#### [About this exercise]
Looking at the data below, how many lines include the word "match"? Respond with the number only.

#### [Input]
================================

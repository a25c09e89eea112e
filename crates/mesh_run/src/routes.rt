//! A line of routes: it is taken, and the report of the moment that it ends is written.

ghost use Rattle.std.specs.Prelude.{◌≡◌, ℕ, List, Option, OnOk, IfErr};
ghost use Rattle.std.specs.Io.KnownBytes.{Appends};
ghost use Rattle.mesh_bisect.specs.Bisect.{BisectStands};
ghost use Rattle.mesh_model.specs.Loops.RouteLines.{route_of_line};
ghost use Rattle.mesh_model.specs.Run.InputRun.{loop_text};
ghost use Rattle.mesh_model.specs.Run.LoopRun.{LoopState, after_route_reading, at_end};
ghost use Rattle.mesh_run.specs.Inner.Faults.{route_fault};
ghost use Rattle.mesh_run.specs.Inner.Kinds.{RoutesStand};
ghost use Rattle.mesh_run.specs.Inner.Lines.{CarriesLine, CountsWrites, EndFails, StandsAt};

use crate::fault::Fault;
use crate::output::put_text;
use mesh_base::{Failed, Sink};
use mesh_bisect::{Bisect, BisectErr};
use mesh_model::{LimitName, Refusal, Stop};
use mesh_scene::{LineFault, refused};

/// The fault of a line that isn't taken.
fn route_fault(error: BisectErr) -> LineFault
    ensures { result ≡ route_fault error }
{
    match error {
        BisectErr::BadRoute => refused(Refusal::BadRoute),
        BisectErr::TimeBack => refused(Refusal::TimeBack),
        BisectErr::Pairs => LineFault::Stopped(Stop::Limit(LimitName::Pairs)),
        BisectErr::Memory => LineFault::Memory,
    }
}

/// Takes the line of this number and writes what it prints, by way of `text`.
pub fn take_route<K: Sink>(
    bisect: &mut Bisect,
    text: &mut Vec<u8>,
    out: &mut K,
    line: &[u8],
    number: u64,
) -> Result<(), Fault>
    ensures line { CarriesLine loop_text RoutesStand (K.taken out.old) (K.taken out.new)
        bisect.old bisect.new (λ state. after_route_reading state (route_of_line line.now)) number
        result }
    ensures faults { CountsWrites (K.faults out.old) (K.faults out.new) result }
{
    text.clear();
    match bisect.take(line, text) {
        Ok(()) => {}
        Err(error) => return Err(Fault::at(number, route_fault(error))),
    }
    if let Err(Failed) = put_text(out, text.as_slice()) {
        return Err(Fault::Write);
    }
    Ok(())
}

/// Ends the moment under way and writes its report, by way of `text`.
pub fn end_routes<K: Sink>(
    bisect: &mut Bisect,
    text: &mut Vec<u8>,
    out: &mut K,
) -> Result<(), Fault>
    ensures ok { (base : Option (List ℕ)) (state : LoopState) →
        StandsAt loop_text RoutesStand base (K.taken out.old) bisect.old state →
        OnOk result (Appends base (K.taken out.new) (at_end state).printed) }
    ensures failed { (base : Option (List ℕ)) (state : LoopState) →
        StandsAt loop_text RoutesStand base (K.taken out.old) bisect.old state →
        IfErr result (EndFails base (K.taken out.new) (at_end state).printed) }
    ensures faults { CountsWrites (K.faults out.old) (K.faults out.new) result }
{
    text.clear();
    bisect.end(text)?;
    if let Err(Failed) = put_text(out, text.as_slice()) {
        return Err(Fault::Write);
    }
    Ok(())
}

================================

#### [Answer box]
2